#### EXERCISE REQUIREMENTS
If a line in the data has the string "usize", please show it.

|---|

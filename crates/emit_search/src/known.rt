// Judgments that have a line.
ghost use Rattle.std.specs.Prelude.{◌<◌};
ghost use Rattle.definition.specs.Store.{nothing};
ghost use Rattle.emit_state.specs.Places.{maps_of};
ghost use Rattle.emit_maps.specs.Map.{Laid};
ghost use Rattle.emit_search.specs.Known.{Recalls, Remembering, Remembered};

use emit_maps::maps::{Maps, look};
use emit_maps::trail::enter;
use emit_state::places::Places;
use emit_state::standing::Standing;
use memo::part::clear;
use store::nodes::Store;

// The line of a judgment that was proved, else of one that is supposed; none if it is neither.
pub fn known(work: &[u32], l: Places, j: u32) -> Option<u32>
    requires { Laid work.now (maps_of l) × (j < l.room) }
    ensures { Recalls work.now l j result }
{
    let maps = l.maps();
    match look(work, maps, Maps::PROVED, j) {
        Some(n) => Some(n),
        None => look(work, maps, Maps::HYPS, j),
    }
}

// Judgment `j` was proved by line `n`: it is kept and the failures are forgotten, but not under hypotheses.
pub fn remember(work: &mut [u32], l: Places, m: Standing, j: u32, n: u32) -> Standing
    requires { Remembering work.old l m × (j < l.room) × (n < nothing) }
    ensures { Remembered work.old work.new l m j n result }
{
    if m.hyps != 0 {
        return m;
    }
    // Number by number: a store that is only moved whole is kept in the frame of each level several times.
    let st = m.store;
    let store = Store {
        len: st.len,
        used: st.used,
        hashes: st.hashes,
    };
    let maps = l.maps();
    let trail = enter(work, maps, Maps::PROVED, j, n, m.trail);
    let from = l.failed();
    let to = l.replaced();
    let old = m.failed;
    let failed = clear(work, from, to, old);
    Standing {
        store: store,
        text: m.text,
        steps: m.steps,
        definitions: m.definitions,
        variables: m.variables,
        inductions: m.inductions,
        trail: trail,
        failed: failed,
        hyps: m.hyps,
    }
}
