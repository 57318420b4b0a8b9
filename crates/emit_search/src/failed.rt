// Judgments that were tried in vain.
ghost use Rattle.emit_search.specs.Failed.{Failing, GivenUp, Noted};

use emit_state::places::Places;
use emit_state::standing::Standing;
use memo::memo::Memo;
use memo::part::{get, put};

// How deep a proof goes: "`prove` fails below depth 4,096".
#[derive(Clone, Copy)]
pub struct Depth(pub u32);

impl Depth {
    pub const MOST: u32 = 4096;
}

// Whether judgment `j` is not to be tried at this depth: it is below the last level, or a try at this depth or a lesser one failed
// without a line, and nothing was proved since.
pub fn gives_up(work: &[u32], l: Places, failed: Memo, j: u32, depth: u32) -> bool
    requires { Failing work.now l failed j }
    ensures { GivenUp work.now l failed j depth result }
{
    if Depth::MOST < depth {
        return true;
    }
    let from = l.failed();
    let to = l.replaced();
    match get(work, from, to, failed, j as usize) {
        Some(k) => k <= depth,
        None => false,
    }
}

// Judgment `j` was tried in vain at this depth: if the text ends where it did, that is remembered.
pub fn note_failed(work: &mut [u32], l: Places, text: usize, m: Standing, j: u32, depth: u32)
    requires { Failing work.old l m.failed j }
    ensures { Noted work.old work.new l text m j depth }
{
    if m.text != text {
        return;
    }
    let from = l.failed();
    let to = l.replaced();
    put(work, from, to, m.failed, j as usize, depth);
}
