// The rules of a predicate, one behind the other.
ghost use Rattle.std.specs.Prelude.{◌<◌};
ghost use Rattle.emit_chains.specs.Follow.{FirstOf, NextOf};
ghost use Rattle.emit_state.specs.Places.{rules_of, Laid};
ghost use Rattle.emit_search.specs.Rules.{head_in, Headed};

use base::id::Pattern;
use emit_chains::follow::{first_of, next_of};
use emit_state::places::Places;
use store::nodes::Store;

// The first rule that concludes the predicate of judgment `j`, or none.
pub fn first_rule(work: &[u32], words: &[u32], l: Places, st: Store, j: u32) -> u32
    requires { Laid work.now l × Headed work.now words.now l st j }
    ensures { FirstOf work.now (rules_of l) (head_in words.now st j) result }
{
    let from = l.index;
    let to = l.index_end();
    let head = st.head(&work[from..to], words, Pattern(j)) as usize;
    first_of(work, l.rules(), head)
}

// The next rule behind rule `r` with its predicate, or none.
pub fn next_rule(work: &[u32], l: Places, r: u32) -> u32
    requires { Laid work.now l × (r < l.hand.catalog.cap) }
    ensures { NextOf work.now (rules_of l) r result }
{
    next_of(work, l.rules(), r)
}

|---|

#### SOLUTION TO THIS PROBLEM
    match get(work, from, to, failed, j as usize) {
pub fn note_failed(work: &mut [u32], l: Places, text: usize, m: Standing, j: u32, depth: u32)
    put(work, from, to, m.failed, j as usize, depth);
    let head = st.head(&work[from..to], words, Pattern(j)) as usize;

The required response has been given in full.